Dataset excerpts
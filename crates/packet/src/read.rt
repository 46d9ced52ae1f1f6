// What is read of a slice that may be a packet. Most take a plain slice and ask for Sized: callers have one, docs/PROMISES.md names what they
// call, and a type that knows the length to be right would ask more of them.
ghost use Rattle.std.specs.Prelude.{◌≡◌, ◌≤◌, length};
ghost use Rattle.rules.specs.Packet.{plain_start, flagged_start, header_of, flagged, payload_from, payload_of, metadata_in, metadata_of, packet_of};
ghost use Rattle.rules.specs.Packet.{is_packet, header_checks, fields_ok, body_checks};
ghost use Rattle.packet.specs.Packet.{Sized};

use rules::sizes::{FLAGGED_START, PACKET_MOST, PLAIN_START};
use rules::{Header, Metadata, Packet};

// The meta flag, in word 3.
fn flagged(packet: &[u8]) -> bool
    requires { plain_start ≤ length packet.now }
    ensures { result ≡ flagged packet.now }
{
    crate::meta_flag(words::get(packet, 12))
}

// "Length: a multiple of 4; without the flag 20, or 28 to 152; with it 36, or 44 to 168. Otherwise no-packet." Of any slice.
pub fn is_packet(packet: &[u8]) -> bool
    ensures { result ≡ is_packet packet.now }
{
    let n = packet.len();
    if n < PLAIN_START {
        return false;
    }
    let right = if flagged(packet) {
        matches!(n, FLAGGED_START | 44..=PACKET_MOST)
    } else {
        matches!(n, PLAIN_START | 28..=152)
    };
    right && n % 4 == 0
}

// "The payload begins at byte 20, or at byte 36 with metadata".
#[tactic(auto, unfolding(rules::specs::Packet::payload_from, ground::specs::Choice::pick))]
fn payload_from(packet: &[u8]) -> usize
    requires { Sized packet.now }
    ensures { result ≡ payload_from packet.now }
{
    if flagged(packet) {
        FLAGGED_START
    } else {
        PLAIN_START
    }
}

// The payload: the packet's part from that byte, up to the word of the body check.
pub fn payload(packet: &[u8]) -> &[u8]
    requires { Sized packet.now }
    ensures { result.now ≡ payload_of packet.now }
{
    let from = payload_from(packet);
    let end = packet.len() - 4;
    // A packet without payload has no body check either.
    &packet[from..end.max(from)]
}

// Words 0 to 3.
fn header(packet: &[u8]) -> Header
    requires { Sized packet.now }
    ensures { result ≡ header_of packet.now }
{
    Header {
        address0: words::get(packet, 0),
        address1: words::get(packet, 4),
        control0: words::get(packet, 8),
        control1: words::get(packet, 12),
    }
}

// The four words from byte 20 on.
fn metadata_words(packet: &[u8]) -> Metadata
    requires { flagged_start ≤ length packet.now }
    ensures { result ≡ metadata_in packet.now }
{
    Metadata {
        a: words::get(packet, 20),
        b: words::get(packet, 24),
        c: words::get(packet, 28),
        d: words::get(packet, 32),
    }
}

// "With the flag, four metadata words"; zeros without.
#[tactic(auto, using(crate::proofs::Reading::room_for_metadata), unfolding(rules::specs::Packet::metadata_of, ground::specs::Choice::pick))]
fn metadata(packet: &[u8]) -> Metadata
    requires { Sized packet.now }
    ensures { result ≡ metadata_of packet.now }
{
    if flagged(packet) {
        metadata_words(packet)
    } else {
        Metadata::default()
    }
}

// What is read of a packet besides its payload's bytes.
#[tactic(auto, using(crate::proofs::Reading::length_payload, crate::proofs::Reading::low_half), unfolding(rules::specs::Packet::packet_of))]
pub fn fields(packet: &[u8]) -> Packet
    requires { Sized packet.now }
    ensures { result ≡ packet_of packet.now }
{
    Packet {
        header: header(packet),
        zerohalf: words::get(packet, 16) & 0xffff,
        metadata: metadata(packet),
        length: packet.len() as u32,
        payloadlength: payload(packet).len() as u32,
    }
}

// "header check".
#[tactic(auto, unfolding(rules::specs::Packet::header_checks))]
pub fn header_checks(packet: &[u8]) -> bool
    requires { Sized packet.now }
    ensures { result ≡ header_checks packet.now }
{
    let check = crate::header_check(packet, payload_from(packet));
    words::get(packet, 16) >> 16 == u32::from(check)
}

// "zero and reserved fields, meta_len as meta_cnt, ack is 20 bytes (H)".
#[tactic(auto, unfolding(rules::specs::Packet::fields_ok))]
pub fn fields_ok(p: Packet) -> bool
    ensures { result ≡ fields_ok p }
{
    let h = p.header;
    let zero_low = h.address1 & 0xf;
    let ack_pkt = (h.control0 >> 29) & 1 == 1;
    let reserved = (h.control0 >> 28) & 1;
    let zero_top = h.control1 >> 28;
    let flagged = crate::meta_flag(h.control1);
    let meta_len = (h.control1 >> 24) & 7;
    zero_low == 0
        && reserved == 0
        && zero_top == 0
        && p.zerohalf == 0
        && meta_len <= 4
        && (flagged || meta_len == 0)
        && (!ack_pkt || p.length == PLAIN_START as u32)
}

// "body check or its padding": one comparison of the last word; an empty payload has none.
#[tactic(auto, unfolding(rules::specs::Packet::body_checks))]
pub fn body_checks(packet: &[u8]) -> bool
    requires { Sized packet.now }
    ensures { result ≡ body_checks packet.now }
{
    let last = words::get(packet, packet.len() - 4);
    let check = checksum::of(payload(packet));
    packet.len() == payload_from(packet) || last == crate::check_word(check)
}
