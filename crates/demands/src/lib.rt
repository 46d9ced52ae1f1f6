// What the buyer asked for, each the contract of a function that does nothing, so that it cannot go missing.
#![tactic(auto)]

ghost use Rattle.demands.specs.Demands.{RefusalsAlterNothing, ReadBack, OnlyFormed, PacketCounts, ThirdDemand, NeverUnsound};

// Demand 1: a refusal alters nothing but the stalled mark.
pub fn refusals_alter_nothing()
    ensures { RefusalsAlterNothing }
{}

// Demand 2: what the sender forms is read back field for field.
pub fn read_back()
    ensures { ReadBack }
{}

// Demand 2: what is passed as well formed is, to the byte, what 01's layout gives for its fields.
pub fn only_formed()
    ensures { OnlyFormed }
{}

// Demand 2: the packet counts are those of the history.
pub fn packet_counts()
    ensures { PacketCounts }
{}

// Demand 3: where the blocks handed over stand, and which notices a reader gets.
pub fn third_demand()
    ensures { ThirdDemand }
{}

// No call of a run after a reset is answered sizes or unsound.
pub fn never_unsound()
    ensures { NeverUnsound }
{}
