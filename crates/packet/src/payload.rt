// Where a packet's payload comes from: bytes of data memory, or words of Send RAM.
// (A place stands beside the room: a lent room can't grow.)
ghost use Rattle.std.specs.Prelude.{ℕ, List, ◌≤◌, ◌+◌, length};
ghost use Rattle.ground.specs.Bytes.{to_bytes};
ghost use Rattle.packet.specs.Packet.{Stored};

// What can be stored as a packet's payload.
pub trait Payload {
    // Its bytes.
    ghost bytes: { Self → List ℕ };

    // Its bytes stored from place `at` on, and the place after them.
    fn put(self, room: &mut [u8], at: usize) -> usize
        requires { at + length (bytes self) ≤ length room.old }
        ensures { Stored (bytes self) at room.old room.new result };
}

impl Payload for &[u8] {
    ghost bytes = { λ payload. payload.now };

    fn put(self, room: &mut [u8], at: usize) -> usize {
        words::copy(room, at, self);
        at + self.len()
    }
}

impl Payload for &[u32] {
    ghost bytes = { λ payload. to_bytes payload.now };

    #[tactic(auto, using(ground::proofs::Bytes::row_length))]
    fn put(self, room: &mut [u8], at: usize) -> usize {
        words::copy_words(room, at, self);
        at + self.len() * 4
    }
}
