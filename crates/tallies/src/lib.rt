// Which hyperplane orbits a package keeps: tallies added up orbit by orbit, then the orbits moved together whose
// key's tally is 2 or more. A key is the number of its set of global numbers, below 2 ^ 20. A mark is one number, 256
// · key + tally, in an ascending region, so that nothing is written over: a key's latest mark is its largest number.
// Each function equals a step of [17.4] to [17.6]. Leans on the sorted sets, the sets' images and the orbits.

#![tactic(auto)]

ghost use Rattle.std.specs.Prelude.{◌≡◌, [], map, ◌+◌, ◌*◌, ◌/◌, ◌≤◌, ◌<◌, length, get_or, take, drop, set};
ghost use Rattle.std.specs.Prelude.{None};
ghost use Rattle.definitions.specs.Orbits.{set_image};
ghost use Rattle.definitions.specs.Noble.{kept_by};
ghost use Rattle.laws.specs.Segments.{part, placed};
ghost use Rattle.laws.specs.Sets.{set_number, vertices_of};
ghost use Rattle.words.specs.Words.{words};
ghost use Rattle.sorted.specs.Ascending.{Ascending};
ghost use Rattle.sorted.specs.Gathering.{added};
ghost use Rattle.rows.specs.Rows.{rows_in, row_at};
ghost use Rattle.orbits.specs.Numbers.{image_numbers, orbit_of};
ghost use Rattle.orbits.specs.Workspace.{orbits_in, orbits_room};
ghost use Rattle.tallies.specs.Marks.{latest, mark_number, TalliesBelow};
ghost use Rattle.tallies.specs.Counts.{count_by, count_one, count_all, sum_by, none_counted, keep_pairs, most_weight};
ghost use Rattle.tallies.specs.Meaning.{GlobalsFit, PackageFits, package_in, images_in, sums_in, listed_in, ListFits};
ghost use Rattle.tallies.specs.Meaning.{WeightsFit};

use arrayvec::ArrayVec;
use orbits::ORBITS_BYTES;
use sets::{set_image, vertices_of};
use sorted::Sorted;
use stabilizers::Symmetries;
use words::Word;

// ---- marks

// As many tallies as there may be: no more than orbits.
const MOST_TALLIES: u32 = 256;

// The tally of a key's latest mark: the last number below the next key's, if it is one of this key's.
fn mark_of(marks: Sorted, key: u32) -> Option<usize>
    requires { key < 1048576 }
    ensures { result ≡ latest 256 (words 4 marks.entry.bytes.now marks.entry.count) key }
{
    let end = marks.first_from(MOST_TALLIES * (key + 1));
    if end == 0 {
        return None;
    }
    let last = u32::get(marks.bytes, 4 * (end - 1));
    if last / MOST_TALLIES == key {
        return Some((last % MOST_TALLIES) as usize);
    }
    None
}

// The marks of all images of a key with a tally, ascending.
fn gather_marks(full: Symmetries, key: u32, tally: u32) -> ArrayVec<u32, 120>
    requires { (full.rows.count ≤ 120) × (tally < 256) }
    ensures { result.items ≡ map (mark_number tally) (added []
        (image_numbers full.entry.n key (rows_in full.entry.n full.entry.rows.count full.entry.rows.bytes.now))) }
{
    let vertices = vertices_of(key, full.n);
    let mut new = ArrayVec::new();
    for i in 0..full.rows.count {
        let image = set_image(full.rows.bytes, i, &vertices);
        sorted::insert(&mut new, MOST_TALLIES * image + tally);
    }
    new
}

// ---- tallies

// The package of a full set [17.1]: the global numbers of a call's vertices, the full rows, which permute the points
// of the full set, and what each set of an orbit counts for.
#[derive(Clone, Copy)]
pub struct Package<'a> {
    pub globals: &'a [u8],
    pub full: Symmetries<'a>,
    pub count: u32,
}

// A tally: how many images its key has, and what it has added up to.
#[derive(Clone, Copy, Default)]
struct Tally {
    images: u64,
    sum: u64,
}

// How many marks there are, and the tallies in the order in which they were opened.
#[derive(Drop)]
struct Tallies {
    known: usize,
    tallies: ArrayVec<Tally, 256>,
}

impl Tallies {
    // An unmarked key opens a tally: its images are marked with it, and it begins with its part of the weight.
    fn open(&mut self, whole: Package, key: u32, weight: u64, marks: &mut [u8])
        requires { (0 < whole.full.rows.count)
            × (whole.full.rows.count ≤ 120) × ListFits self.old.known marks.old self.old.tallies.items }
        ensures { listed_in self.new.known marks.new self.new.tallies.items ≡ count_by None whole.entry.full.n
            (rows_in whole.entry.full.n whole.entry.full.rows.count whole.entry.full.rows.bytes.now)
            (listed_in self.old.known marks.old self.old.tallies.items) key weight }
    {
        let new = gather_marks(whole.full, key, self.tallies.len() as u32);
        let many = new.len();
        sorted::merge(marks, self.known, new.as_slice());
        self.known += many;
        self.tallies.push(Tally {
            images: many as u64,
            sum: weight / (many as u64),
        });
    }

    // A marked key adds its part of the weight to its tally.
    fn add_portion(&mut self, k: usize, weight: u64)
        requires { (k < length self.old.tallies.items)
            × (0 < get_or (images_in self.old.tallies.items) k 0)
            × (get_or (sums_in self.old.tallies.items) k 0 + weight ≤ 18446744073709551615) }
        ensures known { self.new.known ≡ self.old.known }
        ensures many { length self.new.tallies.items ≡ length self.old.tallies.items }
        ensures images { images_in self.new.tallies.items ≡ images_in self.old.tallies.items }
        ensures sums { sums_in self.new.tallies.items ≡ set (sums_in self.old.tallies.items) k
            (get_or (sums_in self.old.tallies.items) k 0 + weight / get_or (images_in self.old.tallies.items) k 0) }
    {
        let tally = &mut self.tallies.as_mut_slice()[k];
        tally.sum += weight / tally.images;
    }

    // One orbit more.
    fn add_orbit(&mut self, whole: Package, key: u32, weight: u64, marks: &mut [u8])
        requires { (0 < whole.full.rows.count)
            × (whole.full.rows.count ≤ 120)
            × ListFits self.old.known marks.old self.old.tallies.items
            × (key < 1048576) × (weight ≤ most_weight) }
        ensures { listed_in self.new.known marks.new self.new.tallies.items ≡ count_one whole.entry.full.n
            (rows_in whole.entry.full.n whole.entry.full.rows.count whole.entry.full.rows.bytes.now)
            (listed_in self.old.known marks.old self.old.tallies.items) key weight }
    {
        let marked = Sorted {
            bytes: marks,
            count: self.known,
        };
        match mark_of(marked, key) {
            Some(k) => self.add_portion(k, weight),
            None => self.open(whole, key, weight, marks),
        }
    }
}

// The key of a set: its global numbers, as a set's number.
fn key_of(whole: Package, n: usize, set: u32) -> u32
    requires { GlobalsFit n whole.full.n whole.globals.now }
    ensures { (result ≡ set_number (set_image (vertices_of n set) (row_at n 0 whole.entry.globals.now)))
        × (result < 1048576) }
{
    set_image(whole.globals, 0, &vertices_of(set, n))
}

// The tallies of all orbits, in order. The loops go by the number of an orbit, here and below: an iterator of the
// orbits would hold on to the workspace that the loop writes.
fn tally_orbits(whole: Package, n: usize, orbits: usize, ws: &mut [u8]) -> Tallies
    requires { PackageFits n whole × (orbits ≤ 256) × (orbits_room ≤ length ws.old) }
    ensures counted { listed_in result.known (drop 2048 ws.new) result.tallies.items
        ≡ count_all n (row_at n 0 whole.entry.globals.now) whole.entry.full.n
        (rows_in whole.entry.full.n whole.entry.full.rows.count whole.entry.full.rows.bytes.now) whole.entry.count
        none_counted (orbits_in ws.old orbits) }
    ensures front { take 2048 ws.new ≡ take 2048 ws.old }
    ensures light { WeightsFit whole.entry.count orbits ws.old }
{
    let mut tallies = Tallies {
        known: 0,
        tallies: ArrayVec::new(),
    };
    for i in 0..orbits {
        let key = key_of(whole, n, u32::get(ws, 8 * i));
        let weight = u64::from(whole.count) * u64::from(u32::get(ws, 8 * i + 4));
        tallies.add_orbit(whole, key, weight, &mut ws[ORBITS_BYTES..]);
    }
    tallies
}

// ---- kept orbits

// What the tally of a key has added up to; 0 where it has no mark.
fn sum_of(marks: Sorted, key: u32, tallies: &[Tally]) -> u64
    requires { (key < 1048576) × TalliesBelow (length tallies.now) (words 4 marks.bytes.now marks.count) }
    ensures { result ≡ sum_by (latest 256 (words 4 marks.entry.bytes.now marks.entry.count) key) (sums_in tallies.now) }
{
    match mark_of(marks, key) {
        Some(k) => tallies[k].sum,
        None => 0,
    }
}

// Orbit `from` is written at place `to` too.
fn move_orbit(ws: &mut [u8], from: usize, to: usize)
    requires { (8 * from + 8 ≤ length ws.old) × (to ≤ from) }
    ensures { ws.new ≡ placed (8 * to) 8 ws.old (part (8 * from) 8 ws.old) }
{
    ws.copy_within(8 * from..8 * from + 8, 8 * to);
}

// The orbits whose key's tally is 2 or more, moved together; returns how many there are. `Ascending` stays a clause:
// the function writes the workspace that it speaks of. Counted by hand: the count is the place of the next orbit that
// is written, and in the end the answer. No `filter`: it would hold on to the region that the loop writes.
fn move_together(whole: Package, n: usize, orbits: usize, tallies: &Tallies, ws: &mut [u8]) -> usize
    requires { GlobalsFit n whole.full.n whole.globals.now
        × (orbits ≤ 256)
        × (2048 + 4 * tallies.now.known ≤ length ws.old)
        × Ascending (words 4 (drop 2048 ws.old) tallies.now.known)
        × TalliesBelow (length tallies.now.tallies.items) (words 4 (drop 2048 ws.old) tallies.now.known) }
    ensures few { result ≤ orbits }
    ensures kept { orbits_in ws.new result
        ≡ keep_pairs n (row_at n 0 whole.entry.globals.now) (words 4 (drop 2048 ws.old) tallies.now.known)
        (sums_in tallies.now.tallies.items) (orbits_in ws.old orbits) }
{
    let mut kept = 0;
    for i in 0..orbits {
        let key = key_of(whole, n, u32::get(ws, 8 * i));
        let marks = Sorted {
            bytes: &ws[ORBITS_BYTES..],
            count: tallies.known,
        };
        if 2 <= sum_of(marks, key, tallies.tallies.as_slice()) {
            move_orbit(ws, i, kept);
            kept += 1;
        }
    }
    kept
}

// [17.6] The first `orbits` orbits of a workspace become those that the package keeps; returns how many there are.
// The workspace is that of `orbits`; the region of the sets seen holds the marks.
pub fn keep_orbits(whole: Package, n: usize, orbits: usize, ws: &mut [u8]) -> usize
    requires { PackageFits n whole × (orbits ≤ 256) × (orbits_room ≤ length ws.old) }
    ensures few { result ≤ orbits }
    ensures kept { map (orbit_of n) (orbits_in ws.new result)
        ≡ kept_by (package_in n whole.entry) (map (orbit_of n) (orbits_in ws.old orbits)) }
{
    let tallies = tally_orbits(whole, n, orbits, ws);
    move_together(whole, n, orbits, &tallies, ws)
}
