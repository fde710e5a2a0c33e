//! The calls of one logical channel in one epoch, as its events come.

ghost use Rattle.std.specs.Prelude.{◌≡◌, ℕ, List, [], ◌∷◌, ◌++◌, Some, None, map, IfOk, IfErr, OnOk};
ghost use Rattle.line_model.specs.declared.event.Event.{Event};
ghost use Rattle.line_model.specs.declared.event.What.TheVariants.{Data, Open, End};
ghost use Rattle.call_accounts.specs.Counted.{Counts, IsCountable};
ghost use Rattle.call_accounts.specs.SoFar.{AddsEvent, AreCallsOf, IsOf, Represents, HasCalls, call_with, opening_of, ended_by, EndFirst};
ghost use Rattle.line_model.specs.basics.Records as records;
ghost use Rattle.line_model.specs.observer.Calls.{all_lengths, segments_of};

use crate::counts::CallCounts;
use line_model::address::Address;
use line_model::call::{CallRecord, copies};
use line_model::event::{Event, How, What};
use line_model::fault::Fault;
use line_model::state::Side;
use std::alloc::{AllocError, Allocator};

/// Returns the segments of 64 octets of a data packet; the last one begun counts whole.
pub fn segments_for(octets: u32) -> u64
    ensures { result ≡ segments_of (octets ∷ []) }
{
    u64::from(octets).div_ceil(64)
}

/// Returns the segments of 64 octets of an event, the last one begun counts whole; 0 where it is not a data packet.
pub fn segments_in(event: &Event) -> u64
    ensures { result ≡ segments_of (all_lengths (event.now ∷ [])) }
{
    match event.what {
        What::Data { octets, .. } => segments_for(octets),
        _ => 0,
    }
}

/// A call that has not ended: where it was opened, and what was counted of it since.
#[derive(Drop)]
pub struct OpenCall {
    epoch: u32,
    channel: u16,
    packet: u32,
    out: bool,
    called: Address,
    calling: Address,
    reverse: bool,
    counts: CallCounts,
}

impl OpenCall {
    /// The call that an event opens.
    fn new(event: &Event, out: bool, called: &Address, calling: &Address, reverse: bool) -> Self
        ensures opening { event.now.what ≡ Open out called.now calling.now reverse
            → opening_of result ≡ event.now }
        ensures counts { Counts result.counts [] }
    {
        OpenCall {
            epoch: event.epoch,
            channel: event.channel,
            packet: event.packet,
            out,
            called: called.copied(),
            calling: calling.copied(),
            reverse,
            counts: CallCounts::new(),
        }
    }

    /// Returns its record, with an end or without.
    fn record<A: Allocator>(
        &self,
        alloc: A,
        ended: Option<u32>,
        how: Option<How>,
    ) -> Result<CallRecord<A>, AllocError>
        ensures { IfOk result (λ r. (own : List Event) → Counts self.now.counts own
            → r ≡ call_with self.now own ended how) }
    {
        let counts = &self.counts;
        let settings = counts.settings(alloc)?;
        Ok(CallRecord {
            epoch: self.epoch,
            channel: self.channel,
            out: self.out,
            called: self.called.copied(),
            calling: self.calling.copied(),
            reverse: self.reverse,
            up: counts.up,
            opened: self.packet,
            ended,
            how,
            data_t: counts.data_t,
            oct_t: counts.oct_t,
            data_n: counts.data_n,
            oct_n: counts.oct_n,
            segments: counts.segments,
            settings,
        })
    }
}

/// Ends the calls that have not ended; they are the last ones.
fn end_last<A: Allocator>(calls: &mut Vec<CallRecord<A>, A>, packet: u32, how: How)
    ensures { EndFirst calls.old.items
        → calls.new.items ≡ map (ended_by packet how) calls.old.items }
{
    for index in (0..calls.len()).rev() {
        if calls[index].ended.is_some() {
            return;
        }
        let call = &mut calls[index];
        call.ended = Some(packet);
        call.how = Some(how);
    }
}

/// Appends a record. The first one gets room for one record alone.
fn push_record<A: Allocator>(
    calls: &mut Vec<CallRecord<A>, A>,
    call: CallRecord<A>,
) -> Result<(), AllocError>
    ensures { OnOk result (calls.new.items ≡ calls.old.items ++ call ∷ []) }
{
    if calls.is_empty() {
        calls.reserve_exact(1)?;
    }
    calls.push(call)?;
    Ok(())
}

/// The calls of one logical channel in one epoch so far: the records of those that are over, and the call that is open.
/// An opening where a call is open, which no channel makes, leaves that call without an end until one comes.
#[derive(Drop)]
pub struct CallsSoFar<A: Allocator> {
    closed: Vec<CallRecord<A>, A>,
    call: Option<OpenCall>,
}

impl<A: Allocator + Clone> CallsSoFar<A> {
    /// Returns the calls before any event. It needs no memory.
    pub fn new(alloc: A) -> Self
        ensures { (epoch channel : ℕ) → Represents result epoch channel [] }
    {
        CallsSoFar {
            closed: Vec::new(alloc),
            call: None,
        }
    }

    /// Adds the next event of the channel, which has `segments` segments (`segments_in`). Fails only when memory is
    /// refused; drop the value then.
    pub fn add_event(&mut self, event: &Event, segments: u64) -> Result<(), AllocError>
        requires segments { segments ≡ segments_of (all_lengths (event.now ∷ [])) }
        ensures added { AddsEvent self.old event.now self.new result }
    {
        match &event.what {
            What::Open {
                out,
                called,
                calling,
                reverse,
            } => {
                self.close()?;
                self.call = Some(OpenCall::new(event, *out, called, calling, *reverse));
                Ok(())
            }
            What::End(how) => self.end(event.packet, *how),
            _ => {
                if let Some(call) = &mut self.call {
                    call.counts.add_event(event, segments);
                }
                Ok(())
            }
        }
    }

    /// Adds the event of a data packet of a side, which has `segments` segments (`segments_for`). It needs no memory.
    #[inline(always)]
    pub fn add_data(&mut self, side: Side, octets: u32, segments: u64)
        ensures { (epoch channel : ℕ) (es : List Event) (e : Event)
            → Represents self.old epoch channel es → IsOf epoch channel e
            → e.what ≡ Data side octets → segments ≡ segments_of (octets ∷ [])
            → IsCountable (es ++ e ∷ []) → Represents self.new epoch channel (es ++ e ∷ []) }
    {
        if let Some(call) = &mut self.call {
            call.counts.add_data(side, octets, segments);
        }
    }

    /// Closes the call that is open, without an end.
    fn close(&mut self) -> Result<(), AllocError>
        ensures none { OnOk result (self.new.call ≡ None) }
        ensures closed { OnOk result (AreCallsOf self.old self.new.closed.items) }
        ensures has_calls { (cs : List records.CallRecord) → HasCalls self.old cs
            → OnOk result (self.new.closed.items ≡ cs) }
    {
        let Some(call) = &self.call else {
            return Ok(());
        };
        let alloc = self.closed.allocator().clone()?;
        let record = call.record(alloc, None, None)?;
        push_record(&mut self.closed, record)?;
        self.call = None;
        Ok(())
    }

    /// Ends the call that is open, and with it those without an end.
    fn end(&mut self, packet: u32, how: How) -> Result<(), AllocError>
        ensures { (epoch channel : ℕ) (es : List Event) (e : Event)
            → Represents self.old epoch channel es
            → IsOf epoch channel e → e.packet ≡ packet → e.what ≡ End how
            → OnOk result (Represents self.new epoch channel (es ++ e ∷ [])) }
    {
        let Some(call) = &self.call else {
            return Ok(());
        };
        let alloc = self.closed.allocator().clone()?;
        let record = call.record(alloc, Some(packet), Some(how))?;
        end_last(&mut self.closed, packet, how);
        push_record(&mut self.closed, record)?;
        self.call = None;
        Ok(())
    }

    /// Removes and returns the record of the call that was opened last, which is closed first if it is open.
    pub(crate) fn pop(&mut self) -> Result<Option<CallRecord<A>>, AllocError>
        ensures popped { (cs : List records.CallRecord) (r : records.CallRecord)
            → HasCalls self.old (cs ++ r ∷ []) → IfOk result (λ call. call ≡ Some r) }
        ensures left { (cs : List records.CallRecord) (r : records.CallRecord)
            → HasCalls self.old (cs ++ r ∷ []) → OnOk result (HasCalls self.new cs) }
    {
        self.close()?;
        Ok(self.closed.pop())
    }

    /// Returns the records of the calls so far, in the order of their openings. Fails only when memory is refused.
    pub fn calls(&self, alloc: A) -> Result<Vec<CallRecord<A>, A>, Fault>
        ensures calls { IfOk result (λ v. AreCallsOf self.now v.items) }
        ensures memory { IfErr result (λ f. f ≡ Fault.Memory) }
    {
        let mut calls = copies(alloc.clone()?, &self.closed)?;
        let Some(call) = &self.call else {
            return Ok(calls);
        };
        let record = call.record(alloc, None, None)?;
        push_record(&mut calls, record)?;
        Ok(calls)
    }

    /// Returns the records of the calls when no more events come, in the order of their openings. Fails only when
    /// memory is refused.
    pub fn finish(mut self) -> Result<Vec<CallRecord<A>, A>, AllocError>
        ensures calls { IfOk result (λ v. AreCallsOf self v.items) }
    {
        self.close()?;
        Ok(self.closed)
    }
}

• _Assigned task_: Show each line of the data that contains the string "would".

• _Solution for this problem_:
// call, and a type that knows the length to be right would ask more of them.
// orbits would hold on to the workspace that the loop writes.
// is written, and in the end the answer. No `filter`: it would hold on to the region that the loop writes.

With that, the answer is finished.